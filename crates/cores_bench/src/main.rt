//! What calls cost at the kernel for threads, and how many calls in a second 1, 2 and 4 cores make at one kernel, each core in a thread of
//! its own.
//!
//! **What is counted.** Without arguments it makes a few calls of each kind, and prints how many. With the argument `time` it makes many and
//! prints how many a second, the most of five runs, and in hundredths what that is of one core's. `bench/cores` runs it so. With `one` it
//! prints how many nanoseconds a call of one core takes, the median of many short runs; with the word of a kind of work and a number it
//! makes so many calls of one core, and prints how many were answered `ok`. `bench/calls` runs it so.
//!
//! **What the machine itself gives.** Beside each kind stand cores that share nothing, each at a kernel of its own: cores that share a
//! kernel cannot be expected to grow faster.
#![tactic(auto)]

mod lanes;
mod one;
mod work;

use crate::lanes::{rate, tried};
use crate::one::{count, nanoseconds};
use crate::work::Work;
use std::alloc::Global;
use std::env;
use std::process::ExitCode;
use std::thread::Threads;
use std::time::Clock;

fn print_times<R: Threads + Sync + Clock + Print>(rt: &R, alloc: Global) -> Option<()> {
    println!(rt;
        "calls a second                               1 core    2 cores    4 cores   2 of 1   4 of 1    apart: 2   4"
    ).ok()?;
    for work in Work::of_many() {
        let one = rate(rt, alloc, work, 1, false)?;
        let two = rate(rt, alloc, work, 2, false)?;
        let four = rate(rt, alloc, work, 4, false)?;
        let name = work.name();
        let (of_two, of_four) = (times(two, one), times(four, one));
        let apart_two = times(rate(rt, alloc, work, 2, true)?, one);
        let apart_four = times(rate(rt, alloc, work, 4, true)?, one);
        println!(rt;
            "{name:<41} {one:>9} {two:>10} {four:>10} {of_two:>8} {of_four:>8} {apart_two:>11} {apart_four:>3}"
        ).ok()?;
    }
    Some(())
}

// How often the one goes into the other, in hundredths.
fn times(many: u64, one: u64) -> u64 {
    if one == 0 || many > 1_000_000_000_000 {
        return 0;
    }
    many * 100 / one
}

fn print_few<R: Threads + Sync + Print>(rt: &R, alloc: Global) -> Option<()> {
    for work in Work::of_many() {
        let name = work.name();
        let one = tried(rt, alloc, work, 1)?;
        let two = tried(rt, alloc, work, 2)?;
        let four = tried(rt, alloc, work, 4)?;
        println!(rt; "{name}: {one}, {two}, {four} calls of 1, 2, 4 cores").ok()?;
    }
    for work in Work::of_one() {
        let name = work.name();
        let done = count(alloc, work, 100)?;
        println!(rt; "{name}: {done} of 100 calls of one core ok").ok()?;
    }
    Some(())
}

fn print_one<R: Clock + Print>(rt: &R, alloc: Global) -> Option<()> {
    for work in Work::of_one() {
        let word = work.word();
        let tenths = nanoseconds(rt, alloc, work)?;
        let (whole, tenth) = (tenths / 10, tenths % 10);
        println!(rt; "{word} {whole}.{tenth}").ok()?;
    }
    Some(())
}

// Makes so many calls.
fn print_count<R: Print>(rt: &R, alloc: Global, work: Work, calls: u32) -> Option<()> {
    let done = count(alloc, work, calls)?;
    println!(rt; "{done} of {calls} calls ok").ok()?;
    Some(())
}

/// What is asked for on the command line.
enum Asked {
    Few,
    Times,
    One,
    Count { work: Work, calls: u32 },
}

fn asked_by(rt: &HostRuntime) -> Option<Asked> {
    let mut args = env::args(rt).ok()?;
    let _name = args.next();
    let Some(word) = args.next() else {
        return Some(Asked::Few);
    };
    let word = word.as_str();
    match args.next() {
        None if word == "time" => Some(Asked::Times),
        None if word == "one" => Some(Asked::One),
        None => None,
        Some(calls) => Some(Asked::Count {
            work: work_of(word)?,
            calls: calls.as_str().parse::<u32>().ok()?,
        }),
    }
}

// The kind of work that the word names.
fn work_of(word: &str) -> Option<Work> {
    for work in Work::of_one() {
        if work.word() == word {
            return Some(work);
        }
    }
    None
}

fn main(rt: HostRuntime) -> ExitCode {
    let alloc = rt.alloc();
    let printed = match asked_by(&rt) {
        Some(Asked::Few) => print_few(&rt, alloc),
        Some(Asked::Times) => print_times(&rt, alloc),
        Some(Asked::One) => print_one(&rt, alloc),
        Some(Asked::Count { work, calls }) => print_count(&rt, alloc, work, calls),
        None => None,
    };
    match printed {
        Some(()) => ExitCode::SUCCESS,
        None => ExitCode::FAILURE,
    }
}
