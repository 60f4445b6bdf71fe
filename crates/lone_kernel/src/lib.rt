//! The machine for given orders: a vector of words, and the moves of the cores over it, one atomic step after another.
//!
//! See docs/PROOF.md, 'Given steps'.
#![tactic(auto)]

mod lone;
mod notes;
mod seats;
mod whole;
mod words;

pub use lone::{LoneKernel, Moved};
pub use seats::{Seat, Turn};
pub use step_views;
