//! One call on capabilities.

ghost use Rattle.std.specs.Prelude.{◌<◌, IsOk, IfOk};
ghost use Rattle.seq_lookups.specs.spk_nums.specs.CallLimits.{InLimits};
ghost use Rattle.seq_lookups.specs.seq_state.specs.kernel_rules.specs.CallRelation.{change_of};
ghost use Rattle.seq_lookups.specs.seq_state.specs.Maps.{state_of};
ghost use Rattle.seq_lookups.specs.Carried.{IsCarriedOut};
ghost use Rattle.seq_lookups.specs.Ranges.{IsInRange};
ghost use Rattle.seq_caps.specs.Own.{IsCapCall};

use crate::carrying::carry_out;
use crate::own_causes::causes;
use call_plans::plan_of;
use seq_lookups::seq_state::SeqKernel;
use seq_lookups::spk_nums::{Call, CoreNo, Memory, Reply};
use seq_plans::{first_cause, resolve};
use std::alloc::Global;

/// Carries out a call on capabilities of a core of the machine, its numbers within their limits: answers the reply, the first
/// cause in order or else `ok`, and makes the call's change. A refused call changes nothing. No memory is taken.
pub fn step(_alloc: Global, k: &mut SeqKernel, core: CoreNo, call: &Call) -> Result<Reply, Memory>
    requires own { IsCapCall call.now }
    requires limits { InLimits call.now }
    requires core { core < (state_of k.old).limits.cores }
    ensures answers { IsOk result }
    ensures exact { IsInRange (state_of k.old) core call.now
        → IfOk result (λ r. IsCarriedOut (state_of k.old) (change_of (state_of k.old) core call.now) r k.new) }
{
    let plan = plan_of(call);
    match resolve(k, core, &plan) {
        Err(refusal) => Ok(refusal),
        Ok(looked) => {
            let own = causes(k, core, call, &looked);
            match first_cause(k, core, &own) {
                Some(refusal) => Ok(refusal),
                None => Ok(Reply::Ok(carry_out(k, core, call, &looked))),
            }
        }
    }
}
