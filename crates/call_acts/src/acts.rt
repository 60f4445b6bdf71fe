//! The steps of acts: of each act its next step, what it takes from the word found, and whether that step decides.
//!
//! **Removal.** What the target holds is closed by a compare, a stamp is drawn, which decides the call, and the entry that quiesces
//! since the stamp is stored. What was removed serves on for the calls that were in progress at the draw.
//!
//! A call that is new here adds a line to each function.

ghost use Rattle.make_acts.specs.act_states.specs.Acts.{ActFits, act_move, act_ready, maps_frame, maps_word, took_act, took_close};
ghost use Rattle.make_acts.specs.word_map.specs.Moves.{op_of};
ghost use Rattle.make_acts.specs.word_map.specs.Places.{size_of};
ghost use Rattle.make_acts.specs.spk_nums.specs.WordSteps.{place_in};
ghost use Rattle.std.specs.Prelude.{◌<◌, ◌≡◌};

use act_counts::act_states::frame_words::FrameWord;
use act_counts::act_states::stage_quiet::Close;
use act_counts::act_states::word_map::Layout;
use act_counts::act_states::{Act, Fill, Refusal, Tail, Work, WorkStep};
use act_counts::{drawn_by, refuse};
use frame_acts::{
    flush_op, flush_took, touch_op, touch_ready, touch_took, typing_op, typing_ready, typing_took,
    untyping_op, untyping_ready, untyping_took,
};
use make_acts::{
    comp_op, comp_ready, comp_took, fill_op, fill_took, killing_op, killing_ready, killing_took,
    making_op, making_ready, making_took,
};
use spk_nums::{Cap, FrameKind, StageEnd, Stamp, Value, WordOp};
use thread_acts::{
    invoking_op, invoking_ready, invoking_took, is_charging, is_refilling, is_sharing, refill_op,
    refill_took, returning_op, returning_ready, returning_took, share_op, share_took, switching_op,
    switching_ready, switching_took, tick_op, tick_took,
};

/// The next step of an act. What it names is of the layout's machine.
#[inline]
pub fn act_op(act: &Act, layout: &Layout) -> WordOp
    requires { ActFits layout.now act.now }
    ensures step { result ≡ op_of layout.now (act_move act.now) }
    ensures below { place_in result < size_of layout.now }
{
    match act {
        Act::Fill { fill } => fill_op(fill, layout),
        Act::Remove { close, cap: _ } => close.next(layout),
        Act::Retype { typing } => typing_op(typing, layout),
        Act::Make { making } => making_op(making, layout),
        Act::Map { fill } => {
            let frame = fill.cap.frame();
            WordOp::Load {
                at: layout.frame_at(frame),
            }
        }
        Act::Outside {
            node,
            entry,
            word: _,
        } => WordOp::Load {
            at: layout.entry_at(*node, *entry),
        },
        Act::Tick { charge } => tick_op(charge, layout),
        Act::Touch { touching } => touch_op(touching, layout),
        Act::Flush { core } => flush_op(*core, layout),
        Act::Kill { killing } => killing_op(killing, layout),
        Act::Untype { untyping } => untyping_op(untyping, layout),
        Act::MakeComp { making } => comp_op(making, layout),
        Act::Invoke { invoking } => invoking_op(invoking, layout),
        Act::Return { returning } => returning_op(returning, layout),
        Act::Switch { switching } => switching_op(switching, layout),
        Act::Share { pair } => share_op(pair, layout),
        Act::Refill { refill } => refill_op(refill, layout),
    }
}

/// What an act takes from the word that its step found. What it names is of the layout's machine.
#[inline]
pub fn act_took(act: &Act, layout: &Layout, found: u64) -> WorkStep
    requires { ActFits layout.now act.now }
    ensures { result ≡ took_act layout.now act.now found }
{
    match act {
        Act::Fill { fill } => fill_took(fill, found),
        Act::Remove { close, cap } => {
            let mut close = *close;
            let end = close.take(layout, found);
            close_took(*cap, close, &end)
        }
        Act::Retype { typing } => typing_took(typing, found),
        Act::Make { making } => making_took(making, found),
        Act::Map { fill } => maps_word(fill, FrameWord::unpack(found)),
        Act::Outside { .. } => refuse(Refusal::OutOfRange),
        Act::Tick { charge } => tick_took(charge, layout, found),
        Act::Touch { touching } => touch_took(touching, layout, found),
        Act::Flush { core } => flush_took(*core, layout, found),
        Act::Kill { killing } => killing_took(killing, found),
        Act::Untype { untyping } => untyping_took(untyping, layout, found),
        Act::MakeComp { making } => comp_took(making, layout, found),
        Act::Invoke { invoking } => invoking_took(invoking, layout, found),
        Act::Return { returning } => returning_took(returning, layout, found),
        Act::Switch { switching } => switching_took(switching, layout, found),
        Act::Share { pair } => share_took(pair, layout, found),
        Act::Refill { refill } => refill_took(refill, layout, found),
    }
}

// What a removal takes from its step, after which it stands here.
#[inline]
fn close_took(cap: Cap, close: Close, end: &StageEnd<Stamp>) -> WorkStep
    ensures { result ≡ took_close cap close end.now }
{
    match end {
        StageEnd::Going => WorkStep::Goes {
            work: Work::Act {
                act: Act::Remove { close, cap },
            },
        },
        StageEnd::Decided(_) => WorkStep::Answers {
            value: Value::Nothing,
            drawn: drawn_by(&close),
            tail: Tail::Quiesce { close },
        },
        StageEnd::Done(_) => refuse(Refusal::Raced),
        StageEnd::Refuse(reply) => refuse(Refusal::of(reply)),
    }
}

/// Whether the next step of an act is the one that decides `ok`.
#[inline]
pub fn act_ready(act: &Act) -> bool
    ensures { result ≡ act_ready act.now }
{
    match act {
        Act::Fill { fill: _ } => true,
        Act::Remove { close, cap: _ } => matches!(close, Close::AtDraw { .. }),
        Act::Retype { typing } => typing_ready(typing),
        Act::Make { making } => making_ready(making),
        Act::Map { fill: _ } => false,
        Act::Outside { .. } => false,
        Act::Tick { charge } => is_charging(charge),
        Act::Touch { touching } => touch_ready(touching),
        Act::Flush { core: _ } => true,
        Act::Kill { killing } => killing_ready(killing),
        Act::Untype { untyping } => untyping_ready(untyping),
        Act::MakeComp { making } => comp_ready(making),
        Act::Invoke { invoking } => invoking_ready(invoking),
        Act::Return { returning } => returning_ready(returning),
        Act::Switch { switching } => switching_ready(switching),
        Act::Share { pair } => is_sharing(pair),
        Act::Refill { refill } => is_refilling(refill),
    }
}

// What the load of the word of a frame that is to be mapped leads to, where the word shows this.
#[inline]
fn maps_word(fill: &Fill, shown: Option<FrameWord>) -> WorkStep
    ensures { result ≡ maps_word fill.now shown }
{
    match shown {
        None => refuse(Refusal::Raced),
        Some(shown) => maps_frame(fill, &shown),
    }
}

// What that load leads to, where the word shows a frame.
#[inline]
fn maps_frame(fill: &Fill, shown: &FrameWord) -> WorkStep
    ensures { result ≡ maps_frame fill.now shown.now.kind shown.now.mark }
{
    match (shown.mark, shown.kind) {
        (Some(by), _) => refuse(Refusal::Busy(by)),
        (None, FrameKind::User) => WorkStep::Goes {
            work: Work::Act {
                act: Act::Fill { fill: *fill },
            },
        },
        (None, _) => refuse(Refusal::FrameKind),
    }
}
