//! Histories of a machine of one core: with one core no call meets another, so a history is the sequential kernel's run of its calls.
//!
//! See docs/PROOF.md, 'One core'.
#![tactic(auto)]

ghost use Rattle.one_core_laws.specs.Plainly.{OneCoreIsPlain, ReturnsPlainly};

/// A legal history of one core, whose calls made alone answer as in the sequential kernel, is that kernel's run of its calls once the core
/// is between calls: each reply decided is the sequential kernel's, and the state is that after the calls.
pub fn one_core_is_plain()
    ensures { OneCoreIsPlain }
{}

/// In such a history each call returns the sequential kernel's reply in the state after the calls before it.
pub fn returns_plainly()
    ensures { ReturnsPlainly }
{}
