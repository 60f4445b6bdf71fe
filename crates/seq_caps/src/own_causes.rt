//! The own causes of refusal of the calls on capabilities.

ghost use Rattle.std.specs.Prelude.{◌≡◌, ◌<◌, [], ◌∷◌};
ghost use Rattle.seq_lookups.specs.seq_state.specs.kernel_rules.specs.CapabilityCalls.{outside, not_blank, not_taken};
ghost use Rattle.seq_lookups.specs.seq_state.specs.Maps.{state_of};
ghost use Rattle.seq_plans.specs.Walks.{left_of, causes_of};
ghost use Rattle.seq_plans.specs.OwnCauses.{cause_of, causes_in, AreFitCauses, judged_rule};
ghost use Rattle.seq_caps.specs.Own.{IsCapCall};

use crate::frames::{epoch_of, is_blank, is_live};
use seq_lookups::seq_state::{SeqKernel, Thing};
use seq_lookups::spk_nums::{Call, CoreNo, FrameArg, FrameNo, Make, Reply};
use seq_plans::{Cause, Causes, Looked, beyond, outside};

/// That a frame of the machine is not blank.
fn not_blank(k: &SeqKernel, frame: FrameArg) -> Cause
    ensures { cause_of result ≡ not_blank (state_of k.now) frame }
{
    Cause::When {
        stands: frame.number() < k.frames() && !is_blank(k.frame(FrameNo::new(frame.number()))),
        refusal: Reply::FrameKind,
    }
}

/// Why a component with this liveness number is not made in a frame.
fn not_made(k: &SeqKernel, outside: Cause, frame: FrameArg, live: u8) -> Causes
    ensures { causes_in result ≡ cause_of outside ∷ not_blank (state_of k.now) frame ∷ not_taken (state_of k.now) live }
{
    let number = k.number(live);
    Causes {
        first: Some(outside),
        second: Some(not_blank(k, frame)),
        third: Some(Cause::When {
            stands: is_live(&number),
            refusal: Reply::Occupied,
        }),
        fourth: Some(Cause::WaitedFor(Thing::NumberOf(live))),
        fifth: Some(Cause::When {
            stands: epoch_of(&number) == k.epochs(),
            refusal: Reply::EpochsSpent,
        }),
        sixth: None,
    }
}

/// The own causes of a call on capabilities of a core of the machine that has looked this up, in order.
pub fn causes(k: &SeqKernel, core: CoreNo, call: &Call, looked: &Looked) -> Causes
    requires own { IsCapCall call.now }
    ensures exact { causes_in result ≡ causes_of (left_of (judged_rule (state_of k.now) core call.now) looked.now) }
    ensures fit { AreFitCauses (causes_in result) }
{
    match *call {
        Call::Make {
            what,
            range: _,
            frame,
            table: _,
            slot: _,
        } => match what {
            Make::Comp {
                table: _,
                pages: _,
                live,
            } => not_made(k, outside(&looked.first, frame), frame, live),
            _ => Causes::two(outside(&looked.first, frame), not_blank(k, frame)),
        },
        Call::Part {
            r: _,
            f,
            n,
            t: _,
            b: _,
        } => Causes::one(beyond(&looked.first, f, n)),
        Call::Look { .. }
        | Call::Copy { .. }
        | Call::Remove { .. }
        | Call::Grow { .. }
        | Call::Shrink { .. } => Causes::none(),
        _ => unreachable!(),
    }
}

------------------------------------------------------------

• **TRY IT**
Looking at the records above, in how many lines does the word "tenths" occur? Reply with the number alone.

• **ANSWER TO THE PROBLEM**
2